━━━━━ RECORDS ━━━━━
//! The lines and hints of a section, checked as they come.

ghost use Rattle.base.specs.Witness.{witness};
ghost use Rattle.std.specs.FinMap as fin;
ghost use Rattle.std.specs.Prelude.{◌≡◌, ◌≢◌, ◌+◌, ◌-◌, ◌<◌, ◌≤◌, ◌^◌, ◌++◌, All, map, length, None, Some, IfOk, IfNone};
ghost use Rattle.base.specs.Devices.{Reads, FailsOnce};
ghost use Rattle.scan.specs.Lists.{items_at, many_at};
ghost use Rattle.lrat.specs.declared.fault.Fault.TheVariants.{OutOfMemory};
ghost use Rattle.cnf.specs.Clauses.{literal};
ghost use Rattle.cnf.specs.Formulas.{IsInRange};
ghost use Rattle.certificate.specs.Reading.{item_at, section_at};
ghost use Rattle.certificate.specs.Streams.{FindsWith, letter_of};
ghost use Rattle.certificate.specs.declared.reader_error.ReaderError.TheVariants.{Device};
ghost use Rattle.certificate3.specs.Reading.{hints_at};
ghost use Rattle.checker3.specs.Judged.{AreFed, AreHinted};

use base::{Lists, Source};
use certificate::{Reader, ReaderError, SectionKind, skip_lines};
use certificate3::{HintsLine, skip_hints};
use cnf::{TimeFrame, clause_into};
use graph::Lit;
use lrat::{Fault, LineBuffer, Refuter};
use std::alloc::Global;

/// Clauses at a time.
#[derive(Clone, Copy)]
pub struct Timed<'a> {
    /// the variables of the time
    pub time: TimeFrame,
    /// the clauses over the circuit's literals
    pub clauses: &'a Lists<Lit>,
}

/// Reads the rest of the lines in which this fault was found. Out of memory is no fault of theirs,
/// and ends the reading.
fn skip_refused<S: Source>(
    alloc: Global,
    fault: Fault,
    reader: &mut Reader,
    from: &mut S,
) -> Result<Option<Fault>, ReaderError>
    requires source { S.failed from.old < 2 ^ 64 - 1 }
    ensures says { Reads (S.leaves from.old) (S.leaves from.new) (λ ys zs. FindsWith (λ lines found. (found ≡ Some fault) × (fault ≢ OutOfMemory witness)) (items_at item_at (reader.old.held ++ ys)) result reader.new.held zs) }
    ensures found { IfOk result (λ found. (found ≡ Some fault) × (fault ≢ OutOfMemory witness)) }
    ensures device { FailsOnce result Device (S.failed from.old) (S.failed from.new) }
{
    match fault {
        Fault::OutOfMemory(refused) => Err(ReaderError::from(refused)),
        _ => {
            skip_lines(alloc, reader, from)?;
            Ok(Some(fault))
        }
    }
}

/// Reads the rest of the hints, of this number of clauses, behind those in which this fault was
/// found. Out of memory is no fault of theirs, and ends the reading.
fn skip_unshown<S: Source>(
    alloc: Global,
    fault: Fault,
    count: u32,
    reader: &mut Reader,
    from: &mut S,
) -> Result<Option<Fault>, ReaderError>
    requires source { S.failed from.old < 2 ^ 64 - 1 }
    ensures says { Reads (S.leaves from.old) (S.leaves from.new) (λ ys zs. FindsWith (λ hints found. (found ≡ Some fault) × (fault ≢ OutOfMemory witness)) (many_at hints_at count (reader.old.held ++ ys)) result reader.new.held zs) }
    ensures device { FailsOnce result Device (S.failed from.old) (S.failed from.new) }
{
    match fault {
        Fault::OutOfMemory(refused) => Err(ReaderError::from(refused)),
        _ => {
            skip_hints(alloc, count, reader, from)?;
            Ok(Some(fault))
        }
    }
}

/// Reads the lines of a section up to its end, one after the other into one buffer, and feeds them
/// to the refuter. After the first fault the lines are only read.
fn feed_lines<S: Source>(
    alloc: Global,
    refuter: &mut Refuter,
    reader: &mut Reader,
    from: &mut S,
) -> Result<Option<Fault>, ReaderError>
    requires source { S.failed from.old < 2 ^ 64 - 1 }
    requires fresh { refuter.old.refusal ≡ None }
    ensures base { refuter.new.base ≡ refuter.old.base }
    ensures fresh { IfOk result (λ found. IfNone found (refuter.new.refusal ≡ None)) }
    ensures says { Reads (S.leaves from.old) (S.leaves from.new) (λ ys zs. FindsWith (AreFed refuter.old.base.vars refuter.old.stage refuter.new.stage) (items_at item_at (reader.old.held ++ ys)) result reader.new.held zs) }
    ensures device { FailsOnce result Device (S.failed from.old) (S.failed from.new) }
{
    let mut line = LineBuffer::new(alloc);
    'feeding: loop {
        let there = reader.line_into(alloc, &mut line, from)?;
        if !there {
            return Ok(None);
        }
        if let Err(fault) = refuter.feed(alloc, line.as_ref()) {
            return skip_refused(alloc, fault, reader, from);
        }
    }
}

/// Reads a section of this kind, and feeds its lines to the refuter.
pub fn feed_section<S: Source>(
    alloc: Global,
    kind: SectionKind,
    refuter: &mut Refuter,
    reader: &mut Reader,
    from: &mut S,
) -> Result<Option<Fault>, ReaderError>
    requires source { S.failed from.old < 2 ^ 64 - 1 }
    requires fresh { refuter.old.refusal ≡ None }
    ensures base { refuter.new.base ≡ refuter.old.base }
    ensures fresh { IfOk result (λ found. IfNone found (refuter.new.refusal ≡ None)) }
    ensures says { Reads (S.leaves from.old) (S.leaves from.new) (λ ys zs. FindsWith (AreFed refuter.old.base.vars refuter.old.stage refuter.new.stage) (section_at (letter_of kind) (reader.old.held ++ ys)) result reader.new.held zs) }
    ensures device { FailsOnce result Device (S.failed from.old) (S.failed from.new) }
{
    reader.section(alloc, kind, from)?;
    feed_lines(alloc, refuter, reader, from)
}

/// Reads the hints of each clause, and checks that they show it from what the refuter has. After
/// the first fault they are only read. It holds the hints of one clause.
pub fn check_hints<S: Source>(
    alloc: Global,
    refuter: &mut Refuter,
    timed: Timed,
    reader: &mut Reader,
    from: &mut S,
) -> Result<Option<Fault>, ReaderError>
    requires source { S.failed from.old < 2 ^ 64 - 1 }
    requires fresh { refuter.old.refusal ≡ None }
    requires fits { timed.time.offset + timed.time.max_var + 1 < 2 ^ 31 }
    requires over { All (All (IsInRange timed.time.max_var)) timed.clauses.now }
    requires few { length timed.clauses.now ≤ 4194303 }
    ensures says { Reads (S.leaves from.old) (S.leaves from.new) (λ ys zs. FindsWith (AreHinted refuter.old.base.vars (fin.get refuter.old.stage.present) (map (map (literal timed.entry.time.max_var timed.entry.time.offset)) timed.entry.clauses.now)) (many_at hints_at (length timed.entry.clauses.now) (reader.old.held ++ ys)) result reader.new.held zs) }
    ensures device { FailsOnce result Device (S.failed from.old) (S.failed from.new) }
{
    let mut literals = Vec::new(alloc);
    let mut hints = Vec::new(alloc);
    for k in 0..timed.clauses.len() {
        reader.line_in::<HintsLine, S>(alloc, &mut hints, (), from)?;
        clause_into(&mut literals, timed.time, timed.clauses.list(k))?;
        if let Err(fault) = refuter.shows(literals.as_slice(), hints.as_slice()) {
            let left = timed.clauses.len() - (k + 1);
            return skip_unshown(alloc, fault, left as u32, reader, from);
        }
    }
    Ok(None)
}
━━━━━
> [ACTIVITY]:
Go through the data above and repeat all of it exactly.

> [RESULT FOR THIS TASK]:
//! The lines and hints of a section, checked as they come.

ghost use Rattle.base.specs.Witness.{witness};
ghost use Rattle.std.specs.FinMap as fin;
ghost use Rattle.std.specs.Prelude.{◌≡◌, ◌≢◌, ◌+◌, ◌-◌, ◌<◌, ◌≤◌, ◌^◌, ◌++◌, All, map, length, None, Some, IfOk, IfNone};
ghost use Rattle.base.specs.Devices.{Reads, FailsOnce};
ghost use Rattle.scan.specs.Lists.{items_at, many_at};
ghost use Rattle.lrat.specs.declared.fault.Fault.TheVariants.{OutOfMemory};
ghost use Rattle.cnf.specs.Clauses.{literal};
ghost use Rattle.cnf.specs.Formulas.{IsInRange};
ghost use Rattle.certificate.specs.Reading.{item_at, section_at};
ghost use Rattle.certificate.specs.Streams.{FindsWith, letter_of};
ghost use Rattle.certificate.specs.declared.reader_error.ReaderError.TheVariants.{Device};
ghost use Rattle.certificate3.specs.Reading.{hints_at};
ghost use Rattle.checker3.specs.Judged.{AreFed, AreHinted};

use base::{Lists, Source};
use certificate::{Reader, ReaderError, SectionKind, skip_lines};
use certificate3::{HintsLine, skip_hints};
use cnf::{TimeFrame, clause_into};
use graph::Lit;
use lrat::{Fault, LineBuffer, Refuter};
use std::alloc::Global;

/// Clauses at a time.
#[derive(Clone, Copy)]
pub struct Timed<'a> {
    /// the variables of the time
    pub time: TimeFrame,
    /// the clauses over the circuit's literals
    pub clauses: &'a Lists<Lit>,
}

/// Reads the rest of the lines in which this fault was found. Out of memory is no fault of theirs,
/// and ends the reading.
fn skip_refused<S: Source>(
    alloc: Global,
    fault: Fault,
    reader: &mut Reader,
    from: &mut S,
) -> Result<Option<Fault>, ReaderError>
    requires source { S.failed from.old < 2 ^ 64 - 1 }
    ensures says { Reads (S.leaves from.old) (S.leaves from.new) (λ ys zs. FindsWith (λ lines found. (found ≡ Some fault) × (fault ≢ OutOfMemory witness)) (items_at item_at (reader.old.held ++ ys)) result reader.new.held zs) }
    ensures found { IfOk result (λ found. (found ≡ Some fault) × (fault ≢ OutOfMemory witness)) }
    ensures device { FailsOnce result Device (S.failed from.old) (S.failed from.new) }
{
    match fault {
        Fault::OutOfMemory(refused) => Err(ReaderError::from(refused)),
        _ => {
            skip_lines(alloc, reader, from)?;
            Ok(Some(fault))
        }
    }
}

/// Reads the rest of the hints, of this number of clauses, behind those in which this fault was
/// found. Out of memory is no fault of theirs, and ends the reading.
fn skip_unshown<S: Source>(
    alloc: Global,
    fault: Fault,
    count: u32,
    reader: &mut Reader,
    from: &mut S,
) -> Result<Option<Fault>, ReaderError>
    requires source { S.failed from.old < 2 ^ 64 - 1 }
    ensures says { Reads (S.leaves from.old) (S.leaves from.new) (λ ys zs. FindsWith (λ hints found. (found ≡ Some fault) × (fault ≢ OutOfMemory witness)) (many_at hints_at count (reader.old.held ++ ys)) result reader.new.held zs) }
    ensures device { FailsOnce result Device (S.failed from.old) (S.failed from.new) }
{
    match fault {
        Fault::OutOfMemory(refused) => Err(ReaderError::from(refused)),
        _ => {
            skip_hints(alloc, count, reader, from)?;
            Ok(Some(fault))
        }
    }
}

/// Reads the lines of a section up to its end, one after the other into one buffer, and feeds them
/// to the refuter. After the first fault the lines are only read.
fn feed_lines<S: Source>(
    alloc: Global,
    refuter: &mut Refuter,
    reader: &mut Reader,
    from: &mut S,
) -> Result<Option<Fault>, ReaderError>
    requires source { S.failed from.old < 2 ^ 64 - 1 }
    requires fresh { refuter.old.refusal ≡ None }
    ensures base { refuter.new.base ≡ refuter.old.base }
    ensures fresh { IfOk result (λ found. IfNone found (refuter.new.refusal ≡ None)) }
    ensures says { Reads (S.leaves from.old) (S.leaves from.new) (λ ys zs. FindsWith (AreFed refuter.old.base.vars refuter.old.stage refuter.new.stage) (items_at item_at (reader.old.held ++ ys)) result reader.new.held zs) }
    ensures device { FailsOnce result Device (S.failed from.old) (S.failed from.new) }
{
    let mut line = LineBuffer::new(alloc);
    'feeding: loop {
        let there = reader.line_into(alloc, &mut line, from)?;
        if !there {
            return Ok(None);
        }
        if let Err(fault) = refuter.feed(alloc, line.as_ref()) {
            return skip_refused(alloc, fault, reader, from);
        }
    }
}

/// Reads a section of this kind, and feeds its lines to the refuter.
pub fn feed_section<S: Source>(
    alloc: Global,
    kind: SectionKind,
    refuter: &mut Refuter,
    reader: &mut Reader,
    from: &mut S,
) -> Result<Option<Fault>, ReaderError>
    requires source { S.failed from.old < 2 ^ 64 - 1 }
    requires fresh { refuter.old.refusal ≡ None }
    ensures base { refuter.new.base ≡ refuter.old.base }
    ensures fresh { IfOk result (λ found. IfNone found (refuter.new.refusal ≡ None)) }
    ensures says { Reads (S.leaves from.old) (S.leaves from.new) (λ ys zs. FindsWith (AreFed refuter.old.base.vars refuter.old.stage refuter.new.stage) (section_at (letter_of kind) (reader.old.held ++ ys)) result reader.new.held zs) }
    ensures device { FailsOnce result Device (S.failed from.old) (S.failed from.new) }
{
    reader.section(alloc, kind, from)?;
    feed_lines(alloc, refuter, reader, from)
}

/// Reads the hints of each clause, and checks that they show it from what the refuter has. After
/// the first fault they are only read. It holds the hints of one clause.
pub fn check_hints<S: Source>(
    alloc: Global,
    refuter: &mut Refuter,
    timed: Timed,
    reader: &mut Reader,
    from: &mut S,
) -> Result<Option<Fault>, ReaderError>
    requires source { S.failed from.old < 2 ^ 64 - 1 }
    requires fresh { refuter.old.refusal ≡ None }
    requires fits { timed.time.offset + timed.time.max_var + 1 < 2 ^ 31 }
    requires over { All (All (IsInRange timed.time.max_var)) timed.clauses.now }
    requires few { length timed.clauses.now ≤ 4194303 }
    ensures says { Reads (S.leaves from.old) (S.leaves from.new) (λ ys zs. FindsWith (AreHinted refuter.old.base.vars (fin.get refuter.old.stage.present) (map (map (literal timed.entry.time.max_var timed.entry.time.offset)) timed.entry.clauses.now)) (many_at hints_at (length timed.entry.clauses.now) (reader.old.held ++ ys)) result reader.new.held zs) }
    ensures device { FailsOnce result Device (S.failed from.old) (S.failed from.new) }
{
    let mut literals = Vec::new(alloc);
    let mut hints = Vec::new(alloc);
    for k in 0..timed.clauses.len() {
        reader.line_in::<HintsLine, S>(alloc, &mut hints, (), from)?;
        clause_into(&mut literals, timed.time, timed.clauses.list(k))?;
        if let Err(fault) = refuter.shows(literals.as_slice(), hints.as_slice()) {
            let left = timed.clauses.len() - (k + 1);
            return skip_unshown(alloc, fault, left as u32, reader, from);
        }
    }
    Ok(None)
}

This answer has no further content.